## Dataset entries
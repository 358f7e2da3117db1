// The lent list as `node_sums` fills it: first with the sums of all nodes, each in the place of its dipole, then with the dipoles.
ghost use Rattle.std.specs.Prelude.{◌≡◌, ◌+◌, ◌-◌, ◌*◌, ◌≤◌, length};
ghost use Rattle.std.specs.Float.{binary32};
ghost use Rattle.spec_tables.specs.Tables as Tables;
ghost use Rattle.spec_lists.specs.Reading as Reading;
ghost use Rattle.spec_tree.specs.Order as Order;
ghost use Rattle.spec_dipoles.specs.Sums as Defined;
ghost use Rattle.spec_dipoles.specs.Calls as Calls;
ghost use Rattle.spec_dipoles.specs.Stored as Stored;
ghost use Rattle.dipoles.specs.Values as Values;

use crate::dipole::{Dipole, dipole_at, dipole_of, put_dipole};
use crate::sums::{Sums, leaf_sums};
use lists::drawing::Drawing;
use tree::nodes::{Node, node_at, node_box};

// The sums that stand in the place of the node's dipole.
fn restored_at(sums: &[f32], node: usize) -> Sums
    requires { 16 * node + 16 ≤ length sums.now }
    ensures { Values.as_sums result ≡ Stored.restored (Calls.dipole_at sums.now node) }
{
    let d = dipole_at(sums, node);
    Sums {
        normal: d.first,
        moments: d.second,
        area: d.radius,
        centre: d.centre,
    }
}

// Writes sums in the place of the node's dipole.
fn store(out: &mut [f32], node: usize, sums: Sums)
    requires { 16 * node + 16 ≤ length out.old }
    ensures { out.new ≡ Tables.overwrite (16 * node) (Calls.sixteen_of (Stored.stored (Values.as_sums sums))) out.old }
{
    put_dipole(
        out,
        node,
        Dipole {
            first: sums.normal,
            second: sums.moments,
            radius: sums.area,
            centre: sums.centre,
        },
    );
}

// The sums of the triangles that the order list numbers from `first` to before `last`.
fn range_sums(drawing: &Drawing, first: usize, last: usize) -> Sums
    requires numbered { Order.EntriesBelow (Reading.triangle_count drawing.now.triangles.now) drawing.now.order.now }
    requires within { (first ≤ last) × (last ≤ length drawing.now.order.now) }
    ensures { Values.as_sums result
        ≡ Defined.leaf_sums binary32 (Reading.triangle_at drawing.now.triangles.now)
        (Tables.slice drawing.now.order.now first (last - first)) }
{
    leaf_sums(drawing.triangles, &drawing.order[first..last])
}

// The sums of a node: a leaf's of its triangles, a branch's of its children's, which stand in the list.
fn sums_from(drawing: &Drawing, sums: &[f32], node: usize) -> Sums
    requires { Stored.NodeIn drawing.now.triangles.now drawing.now.order.now drawing.now.links.now sums.now node }
    ensures { Values.as_sums result
        ≡ Stored.sums_from binary32 drawing.now.triangles.now drawing.now.order.now drawing.now.links.now sums.now
        node }
{
    match node_at(drawing.links, node) {
        Node::Leaf { first, last } => range_sums(drawing, first, last),
        Node::Branch { left, right } => {
            let from_left = restored_at(sums, left);
            let from_right = restored_at(sums, right);
            from_left.plus(from_right)
        }
    }
}

// Writes the sums of all nodes. Children stand before their parent, so that theirs are there when it comes.
pub fn store_sums(drawing: &Drawing, out: &mut [f32])
    requires readable { Stored.Readable drawing.now.triangles.now drawing.now.order.now drawing.now.links.now
        drawing.now.nodes }
    requires room { 16 * drawing.now.nodes ≤ length out.old }
    ensures { out.new
        ≡ Tables.overwrite 0 (Stored.stored_sums binary32 drawing.now.triangles.now drawing.now.order.now
        drawing.now.links.now drawing.now.nodes) out.old }
{
    for node in 0..drawing.nodes {
        let sums = sums_from(drawing, out, node);
        store(out, node, sums);
    }
}

// Writes the dipoles of all nodes, each over the sums of which it is made.
pub fn make_dipoles(drawing: &Drawing, out: &mut [f32])
    requires boxed { 6 * drawing.now.nodes ≤ length drawing.now.boxes.now }
    requires room { 16 * drawing.now.nodes ≤ length out.old }
    ensures { out.new
        ≡ Tables.overwrite 0 (Stored.made_dipoles binary32 drawing.now.boxes.now out.old drawing.now.nodes) out.old }
{
    for k in 0..drawing.nodes {
        let dipole = dipole_of(node_box(drawing.boxes, k), restored_at(out, k));
        put_dipole(out, k, dipole);
    }
}
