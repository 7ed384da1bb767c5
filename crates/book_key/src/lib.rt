// The key of a call: the rendering of its text, owned, in the field of 255 bytes that a book keeps.
#![tactic(auto)]

ghost use Rattle.std.specs.Prelude.{◌≡◌, length};
ghost use Rattle.text.specs.Put.{left};
ghost use Rattle.path.specs.Read.{read_path};
ghost use Rattle.path.specs.View.{viewed_by};
ghost use Rattle.book_records.specs.Calls.{key_for, key_answer};
ghost use Rattle.book_key.specs.Field.{loose_by, kind_seen, made_key};

use book_records::Manner;
use key::write_read;
use path::{PathView, Refusal};
use text::Written;
use text::refusal::{KEY_TOO_LONG, LOOSE, NO_ROOM};
use walk::walk_view;

// A key: its bytes, zero after the last, and their number.
#[derive(Drop)]
pub struct Key {
    pub bytes: [u8; 255],
    pub len: usize,
}

// The key of a text and its kind.
#[derive(Drop)]
pub struct MadeKey {
    pub kind: u8,
    pub key: Key,
}

// Whether a call of that manner refuses what was read for its spelling.
fn is_loose(manner: Manner, read: Result<PathView, Refusal>) -> bool
    ensures { result ≡ loose_by manner read }
{
    let Ok(v) = read else {
        return false;
    };
    match manner {
        Manner::Plain => !v.exact,
        Manner::Lenient => false,
    }
}

// The kind of what was read; 0 where nothing was.
fn kind_seen(read: Result<PathView, Refusal>) -> u8
    ensures { result ≡ kind_seen read }
{
    let Ok(v) = read else {
        return 0;
    };
    v.kind
}

// Writes the key of a text, as it was read, into a field of 255 bytes: 1, 2, 3, in a plain call 20, 10. A refusal leaves the field as
// it was.
fn key_into(
    manner: Manner,
    text: &[u8],
    read: Result<PathView, Refusal>,
    field: &mut [u8],
) -> Written
    requires { (read ≡ viewed_by (read_path text.now)) × (length field.old ≡ 255) }
    ensures value { result ≡ key_answer (key_for manner text.now) }
    ensures field_after { field.new ≡ left (key_for manner text.now) field.old }
{
    if is_loose(manner, read) {
        return Written {
            refusal: LOOSE,
            length: 0,
        };
    }
    let w = write_read(text, read, field);
    if w.refusal == NO_ROOM {
        return Written {
            refusal: KEY_TOO_LONG,
            length: 0,
        };
    }
    w
}

// The key of a text in a call of that manner: 1, 2, 3 (17, 18, 19), in a plain call 20, 10.
pub fn key_of(manner: Manner, text: &[u8]) -> Result<MadeKey, u8>
    ensures { result ≡ made_key (key_for manner text.now) }
{
    let mut bytes = [0u8; 255];
    let read = walk_view(text);
    let made = key_into(manner, text, read, &mut bytes);
    let refusal = made.refusal;
    if refusal != 0 {
        return Err(refusal);
    }
    let len = made.length as usize;
    Ok(MadeKey {
        kind: kind_seen(read),
        key: Key { bytes, len },
    })
}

## EXERCISE PROMPT
Retype only the stretch of lines above starting at the one with "pub fn key_of(manner: Manner, text: &[u8])" and stopping at the one with "if refusal != 0", exactly as written, with both kept.

## EXERCISE RESPONSE
pub fn key_of(manner: Manner, text: &[u8]) -> Result<MadeKey, u8>
    ensures { result ≡ made_key (key_for manner text.now) }
{
    let mut bytes = [0u8; 255];
    let read = walk_view(text);
    let made = key_into(manner, text, read, &mut bytes);
    let refusal = made.refusal;
    if refusal != 0 {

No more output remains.